## Exercise details
Print out the complete set of records below, exactly as they read.
───── Input for this task
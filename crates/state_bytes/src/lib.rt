// The state as 64 bytes (docs/LAYOUTS.md): writing it, and reading it where the bytes are those of a valid state.
#![tactic(auto)]

ghost use Rattle.std.specs.Prelude.{◌<◌, ◌≡◌};
ghost use Rattle.state_bytes.specs.Layout.{settings_at, task_at, parts_at, state_at, written_task, written_parts, written_state};
ghost use Rattle.state_bytes.specs.Valid.{slot_fits, slots_differ, valid_state, same_list, Decodes};

use radio_frame::Settings;
use tasks::{Pending, Slot, State, TxTask};
use wait_parts::{Part, Parts};

// ---- Bytes

// A request's token, buffer and length: 7 bytes.
#[tactic(auto, using(util::proofs::Numbers::le_bytes_4))]
fn task_bytes(q: TxTask) -> [u8; 7]
    ensures { result ≡ written_task q }
{
    let mut bytes = [0; 7];
    bytes[..4].copy_from_slice(&q.token.to_le_bytes());
    bytes[4] = q.buffer;
    bytes[5..].copy_from_slice(&q.length.to_le_bytes());
    bytes
}

#[tactic(auto, unfolding(crate::specs::Layout::written_parts), using(util::proofs::Numbers::le_bytes_8))]
fn encode_parts(set: Settings, p: Parts) -> [u8; 64]
    ensures { result ≡ written_parts set p }
{
    let mut bytes = [0; 64];
    bytes[0] = set.count;
    bytes[1] = set.headroom;
    bytes[2] = set.tailroom;
    bytes[3] = set.fcs_length;
    bytes[4..12].copy_from_slice(&set.hardware_addr.to_le_bytes());
    bytes[12..14].copy_from_slice(&set.pan_id.to_le_bytes());
    bytes[14] = u8::from(set.implicit_broadcast);
    bytes[15] = set.ack_buffer;
    bytes[16] = set.spare_buffer;
    bytes[17] = p.kind;
    bytes[18] = p.case.code;
    bytes[19] = p.next.code;
    bytes[20..27].copy_from_slice(&task_bytes(p.case.task));
    bytes[27..34].copy_from_slice(&task_bytes(p.next.task));
    bytes[34] = p.case.number;
    bytes[35] = p.next.number;
    bytes[36] = p.case.spacing;
    bytes[37..45].copy_from_slice(&p.case.time.to_le_bytes());
    bytes
}

// The bytes that a state is written as.
#[tactic(auto, unfolding(crate::specs::Layout::written_state))]
pub fn encode(s: State) -> [u8; 64]
    ensures { result ≡ written_state s }
{
    encode_parts(s.set, wait_parts::wait_parts(s.wait))
}

// Field after field, each of its own width and place: no loop.
#[tactic(auto, unfolding(crate::specs::Layout::settings_at))]
fn settings_at(bytes: &[u8]) -> Settings
    ensures { result ≡ settings_at bytes.now }
{
    Settings {
        count: util::byte_at(bytes, 0),
        headroom: util::byte_at(bytes, 1),
        tailroom: util::byte_at(bytes, 2),
        fcs_length: util::byte_at(bytes, 3),
        hardware_addr: util::u64_at(bytes, 4),
        pan_id: util::u16_at(bytes, 12),
        implicit_broadcast: util::byte_at(bytes, 14) == 1,
        ack_buffer: util::byte_at(bytes, 15),
        spare_buffer: util::byte_at(bytes, 16),
    }
}

// A request's token, buffer and length, from a place on.
#[tactic(auto, unfolding(crate::specs::Layout::task_at))]
fn task_at(bytes: &[u8], at: usize) -> TxTask
    requires { at < 64 }
    ensures { result ≡ task_at bytes.now at }
{
    TxTask {
        token: util::u32_at(bytes, at),
        buffer: util::byte_at(bytes, at + 4),
        length: util::u16_at(bytes, at + 5),
    }
}

// Field after field, as settings_at.
#[tactic(auto, unfolding(crate::specs::Layout::parts_at))]
fn parts_at(bytes: &[u8]) -> Parts
    ensures { result ≡ parts_at bytes.now }
{
    let case = Part {
        code: util::byte_at(bytes, 18),
        task: task_at(bytes, 20),
        number: util::byte_at(bytes, 34),
        spacing: util::byte_at(bytes, 36),
        time: util::u64_at(bytes, 37),
    };
    let next = Part {
        code: util::byte_at(bytes, 19),
        task: task_at(bytes, 27),
        number: util::byte_at(bytes, 35),
        spacing: 0,
        time: 0,
    };
    Parts {
        kind: util::byte_at(bytes, 17),
        case,
        next,
    }
}

#[tactic(auto, unfolding(crate::specs::Layout::state_at))]
fn state_at(bytes: &[u8]) -> State
    ensures { result ≡ state_at bytes.now }
{
    State {
        set: settings_at(bytes),
        wait: wait_parts::wait_at(parts_at(bytes)),
    }
}

// ---- Which bytes are those of a valid state

// A request's buffer is in range and none of the own ones.
#[tactic(auto, unfolding(crate::specs::Valid::slot_fits))]
fn slot_fits(set: Settings, slot: Option<Slot>) -> bool
    ensures { result ≡ slot_fits set slot }
{
    slot.is_none_or(|h| {
        h.buffer < set.count && h.buffer != set.ack_buffer && h.buffer != set.spare_buffer
    })
}

// Two requests have different tokens and buffers.
#[tactic(auto, unfolding(crate::specs::Valid::slots_differ, crate::specs::Valid::differs_from))]
fn slots_differ(p: Pending) -> bool
    ensures { result ≡ slots_differ p.second p.first }
{
    match (p.first, p.second) {
        (Some(a), Some(b)) => a.token != b.token && a.buffer != b.buffer,
        _ => true,
    }
}

#[tactic(auto, unfolding(crate::specs::Valid::valid_state))]
fn is_valid_state(s: State) -> bool
    ensures { result ≡ valid_state s }
{
    let p = tasks::pending_requests(s.wait);
    let own_size = radio_frame::BUFFER_LENGTH * u32::from(s.set.count);
    radio_frame::check_settings(s.set, own_size as usize).is_ok()
        && slot_fits(s.set, p.first)
        && slot_fits(s.set, p.second)
        && slots_differ(p)
}

// The valid state that bytes are written as.
#[tactic(auto, using(crate::proofs::Same::same_list_is), unfolding(crate::specs::Valid::decoded_of, crate::specs::Valid::holds_state, crate::specs::Valid::decoded_refusal))]
pub fn decode(bytes: &[u8]) -> Option<State>
    ensures { Decodes bytes.now result }
{
    let s = state_at(bytes);
    (is_valid_state(s) && encode(s).as_slice() == bytes).then_some(s)
}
──────────
## Response to this task
filename crates/state_bytes/src/lib.rt
// The state as 64 bytes (docs/LAYOUTS.md): writing it, and reading it where the bytes are those of a valid state.
#![tactic(auto)]

ghost use Rattle.std.specs.Prelude.{◌<◌, ◌≡◌};
ghost use Rattle.state_bytes.specs.Layout.{settings_at, task_at, parts_at, state_at, written_task, written_parts, written_state};
ghost use Rattle.state_bytes.specs.Valid.{slot_fits, slots_differ, valid_state, same_list, Decodes};

use radio_frame::Settings;
use tasks::{Pending, Slot, State, TxTask};
use wait_parts::{Part, Parts};

// ---- Bytes

// A request's token, buffer and length: 7 bytes.
#[tactic(auto, using(util::proofs::Numbers::le_bytes_4))]
fn task_bytes(q: TxTask) -> [u8; 7]
    ensures { result ≡ written_task q }
{
    let mut bytes = [0; 7];
    bytes[..4].copy_from_slice(&q.token.to_le_bytes());
    bytes[4] = q.buffer;
    bytes[5..].copy_from_slice(&q.length.to_le_bytes());
    bytes
}

#[tactic(auto, unfolding(crate::specs::Layout::written_parts), using(util::proofs::Numbers::le_bytes_8))]
fn encode_parts(set: Settings, p: Parts) -> [u8; 64]
    ensures { result ≡ written_parts set p }
{
    let mut bytes = [0; 64];
    bytes[0] = set.count;
    bytes[1] = set.headroom;
    bytes[2] = set.tailroom;
    bytes[3] = set.fcs_length;
    bytes[4..12].copy_from_slice(&set.hardware_addr.to_le_bytes());
    bytes[12..14].copy_from_slice(&set.pan_id.to_le_bytes());
    bytes[14] = u8::from(set.implicit_broadcast);
    bytes[15] = set.ack_buffer;
    bytes[16] = set.spare_buffer;
    bytes[17] = p.kind;
    bytes[18] = p.case.code;
    bytes[19] = p.next.code;
    bytes[20..27].copy_from_slice(&task_bytes(p.case.task));
    bytes[27..34].copy_from_slice(&task_bytes(p.next.task));
    bytes[34] = p.case.number;
    bytes[35] = p.next.number;
    bytes[36] = p.case.spacing;
    bytes[37..45].copy_from_slice(&p.case.time.to_le_bytes());
    bytes
}

// The bytes that a state is written as.
#[tactic(auto, unfolding(crate::specs::Layout::written_state))]
pub fn encode(s: State) -> [u8; 64]
    ensures { result ≡ written_state s }
{
    encode_parts(s.set, wait_parts::wait_parts(s.wait))
}

// Field after field, each of its own width and place: no loop.
#[tactic(auto, unfolding(crate::specs::Layout::settings_at))]
fn settings_at(bytes: &[u8]) -> Settings
    ensures { result ≡ settings_at bytes.now }
{
    Settings {
        count: util::byte_at(bytes, 0),
        headroom: util::byte_at(bytes, 1),
        tailroom: util::byte_at(bytes, 2),
        fcs_length: util::byte_at(bytes, 3),
        hardware_addr: util::u64_at(bytes, 4),
        pan_id: util::u16_at(bytes, 12),
        implicit_broadcast: util::byte_at(bytes, 14) == 1,
        ack_buffer: util::byte_at(bytes, 15),
        spare_buffer: util::byte_at(bytes, 16),
    }
}

// A request's token, buffer and length, from a place on.
#[tactic(auto, unfolding(crate::specs::Layout::task_at))]
fn task_at(bytes: &[u8], at: usize) -> TxTask
    requires { at < 64 }
    ensures { result ≡ task_at bytes.now at }
{
    TxTask {
        token: util::u32_at(bytes, at),
        buffer: util::byte_at(bytes, at + 4),
        length: util::u16_at(bytes, at + 5),
    }
}

// Field after field, as settings_at.
#[tactic(auto, unfolding(crate::specs::Layout::parts_at))]
fn parts_at(bytes: &[u8]) -> Parts
    ensures { result ≡ parts_at bytes.now }
{
    let case = Part {
        code: util::byte_at(bytes, 18),
        task: task_at(bytes, 20),
        number: util::byte_at(bytes, 34),
        spacing: util::byte_at(bytes, 36),
        time: util::u64_at(bytes, 37),
    };
    let next = Part {
        code: util::byte_at(bytes, 19),
        task: task_at(bytes, 27),
        number: util::byte_at(bytes, 35),
        spacing: 0,
        time: 0,
    };
    Parts {
        kind: util::byte_at(bytes, 17),
        case,
        next,
    }
}

#[tactic(auto, unfolding(crate::specs::Layout::state_at))]
fn state_at(bytes: &[u8]) -> State
    ensures { result ≡ state_at bytes.now }
{
    State {
        set: settings_at(bytes),
        wait: wait_parts::wait_at(parts_at(bytes)),
    }
}

// ---- Which bytes are those of a valid state

// A request's buffer is in range and none of the own ones.
#[tactic(auto, unfolding(crate::specs::Valid::slot_fits))]
fn slot_fits(set: Settings, slot: Option<Slot>) -> bool
    ensures { result ≡ slot_fits set slot }
{
    slot.is_none_or(|h| {
        h.buffer < set.count && h.buffer != set.ack_buffer && h.buffer != set.spare_buffer
    })
}

// Two requests have different tokens and buffers.
#[tactic(auto, unfolding(crate::specs::Valid::slots_differ, crate::specs::Valid::differs_from))]
fn slots_differ(p: Pending) -> bool
    ensures { result ≡ slots_differ p.second p.first }
{
    match (p.first, p.second) {
        (Some(a), Some(b)) => a.token != b.token && a.buffer != b.buffer,
        _ => true,
    }
}

#[tactic(auto, unfolding(crate::specs::Valid::valid_state))]
fn is_valid_state(s: State) -> bool
    ensures { result ≡ valid_state s }
{
    let p = tasks::pending_requests(s.wait);
    let own_size = radio_frame::BUFFER_LENGTH * u32::from(s.set.count);
    radio_frame::check_settings(s.set, own_size as usize).is_ok()
        && slot_fits(s.set, p.first)
        && slot_fits(s.set, p.second)
        && slots_differ(p)
}

// The valid state that bytes are written as.
#[tactic(auto, using(crate::proofs::Same::same_list_is), unfolding(crate::specs::Valid::decoded_of, crate::specs::Valid::holds_state, crate::specs::Valid::decoded_refusal))]
pub fn decode(bytes: &[u8]) -> Option<State>
    ensures { Decodes bytes.now result }
{
    let s = state_at(bytes);
    (is_valid_state(s) && encode(s).as_slice() == bytes).then_some(s)
}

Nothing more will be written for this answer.